Question: A reversible adiabatic path on a P-V diagram for an ideal gas passes through state A where \( P = 0....

Question

A reversible adiabatic path on a P-V diagram for an ideal gas passes through state A where $P = 0.7 \times {10^5}N{m^{ - 2}}$ and $V = 0.0049{m^3}$ . The ratio of specific heat of gas is $1.4$ . The slope of path at A is:
(A) $2.0 \times {10^7}N{m^{ - 5}}$
(B) $1.0 \times {10^7}N{m^{ - 5}}$
(C) $- 2.0 \times {10^7}N{m^{ - 5}}$
(D) $- 1.0 \times {10^7}N{m^{ - 5}}$

Answer 1

Solution

From the equation of an ideal gas in an adiabatic path, we can find the slope of the path by finding the ratio of change in pressure to the change in volume. In that after substituting the values given in the question, we get the slope.

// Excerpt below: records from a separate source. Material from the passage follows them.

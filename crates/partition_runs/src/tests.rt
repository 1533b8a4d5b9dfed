//! The tests.

use crate::copies::{copies, copying};
use crate::courses::{courses, layouts, starts};
use crate::drafts::{Draft, built_in, manager};
use crate::guests::guests;
use crate::images::HELLO;
use crate::managers::managers;
use crate::turns::{first_wrong_call, first_wrong_turn, image_of};
use machine_desc::Port;
use outside::Bytes;
use partition::{MemPorts, Ports};
use std::test::*;

#[test]
fn courses_go_as_they_were_worked_out(rt: HostRuntime) -> Result<(), Fail> {
    for (place, (image, turns)) in courses().iter().enumerate() {
        let wrong = first_wrong_turn(rt.alloc(), &built_in(image), turns)?;
        assert_eq!(rt; wrong, None, "{}", place);
    }
    Ok(())
}

#[test]
fn regions_lie_as_they_are_described(rt: HostRuntime) -> Result<(), Fail> {
    for (place, (regions, sizes, image, turns)) in layouts().iter().enumerate() {
        let draft = Draft {
            regions,
            sizes,
            ..built_in(image)
        };
        let wrong = first_wrong_turn(rt.alloc(), &draft, turns)?;
        assert_eq!(rt; wrong, None, "{}", place);
    }
    Ok(())
}

#[test]
fn machines_begin_as_they_are_described(rt: HostRuntime) -> Result<(), Fail> {
    for (place, &(tree_at, entry, held, turns)) in starts().iter().enumerate() {
        let draft = Draft {
            tree_at,
            entry,
            held,
            ..built_in(&HELLO)
        };
        let wrong = first_wrong_turn(rt.alloc(), &draft, turns)?;
        assert_eq!(rt; wrong, None, "{}", place);
    }
    Ok(())
}

#[test]
fn guests_are_answered_as_it_was_worked_out(rt: HostRuntime) -> Result<(), Fail> {
    for (place, turns) in guests().iter().enumerate() {
        let wrong = first_wrong_call(rt.alloc(), turns)?;
        assert_eq!(rt; wrong, None, "{}", place);
    }
    Ok(())
}

#[test]
fn managers_go_as_they_were_worked_out(rt: HostRuntime) -> Result<(), Fail> {
    for (place, &(held, entry, image, turns)) in managers().iter().enumerate() {
        let calls = image_of(rt.alloc(), turns)?;
        let words = if image.is_empty() {
            calls.as_slice()
        } else {
            image
        };
        let wrong = first_wrong_turn(rt.alloc(), &manager(held, entry, words), turns)?;
        assert_eq!(rt; wrong, None, "{}", place);
    }
    Ok(())
}

#[test]
fn copies_go_as_they_were_worked_out(rt: HostRuntime) -> Result<(), Fail> {
    for (place, run) in copies().iter().enumerate() {
        let wrong = copying(rt.alloc(), run)?;
        assert_eq!(rt; wrong, None, "{}", place);
    }
    Ok(())
}

#[test]
fn ports_in_memory_keep_what_waits(rt: HostRuntime) -> Result<(), Fail> {
    let mut ports = MemPorts::new(
        rt.alloc(),
        &[Port::Channel { rx: 0, tx: 1 }],
        Bytes::of(rt.alloc(), &[])?,
    )?;
    ports.give(1, b"abc");
    let mut first = [0; 2];
    ports.receive(1, &mut first);
    assert!(rt; first == *b"ab" && ports.waiting(1) == 1);
    ports.send(1, b"defg");
    assert!(rt; ports.room(1) == 252 && ports.waiting(1) == 1);
    let mut freed = [0; 3];
    ports.free(1, &mut freed);
    assert!(rt; freed == *b"def" && ports.room(1) == 255);
    Ok(())
}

Formula used: In the solution we will be using the following formula,
$\Rightarrow P{V^\gamma } = {\text{constant}}$
where $P$ is the pressure, $V$ is the volume and $\gamma$ is the specific heat.

Complete step by step solution:
In the question we are given that an ideal gas follows an adiabatic path. So the ideal gas equation in a adiabatic path is given as,
$\Rightarrow P{V^\gamma } = {\text{constant}}$
So on differentiating on both the sides we get,
$\Rightarrow d\left( {P{V^\gamma }} \right) = 0$ as the differentiation of a constant is zero.
So we get,
$\Rightarrow {V^\gamma }dP + Pd\left( {{V^\gamma }} \right) = 0$
On doing the differentiation of the volume we get,
$\Rightarrow {V^\gamma }dP + P\gamma {V^{\gamma - 1}}dV = 0$
Now taking one term to the RHS we get,
$\Rightarrow {V^\gamma }dP = - P\gamma {V^{\gamma - 1}}dV$
Now, on taking $dV$ to the LHS and the ${V^\gamma }$ to the RHS we get,
$\Rightarrow \dfrac{{dP}}{{dV}} = - \dfrac{{P\gamma {V^{\gamma - 1}}}}{{{V^\gamma }}}$
Hence we have,
$\Rightarrow \dfrac{{dP}}{{dV}} = - P\gamma {V^{\gamma - 1 - \gamma }}$
So on simplifying we have,
$\Rightarrow \dfrac{{dP}}{{dV}} = - \gamma \dfrac{P}{V}$
This is the slope of the path. Now in the question we are given $P = 0.7 \times {10^5}N{m^{ - 2}}$ , $V = 0.0049{m^3}$ and $\gamma = 1.4$
So substituting we get,
$\Rightarrow \dfrac{{dP}}{{dV}} = - 1.4 \times \dfrac{{0.7 \times {{10}^5}}}{{0.0049}}$
On calculating we get, $\dfrac{{dP}}{{dV}} = - 2 \times {10^7}$
Hence the slope is $- 2.0 \times {10^7}N{m^{ - 5}}$
So the correct answer is option (C).

Note:
In thermodynamics an adiabatic process is that process which occurs without transferring the heat and mass between the system and the surroundings. The adiabatic process transfers energy to the surrounding in form of work.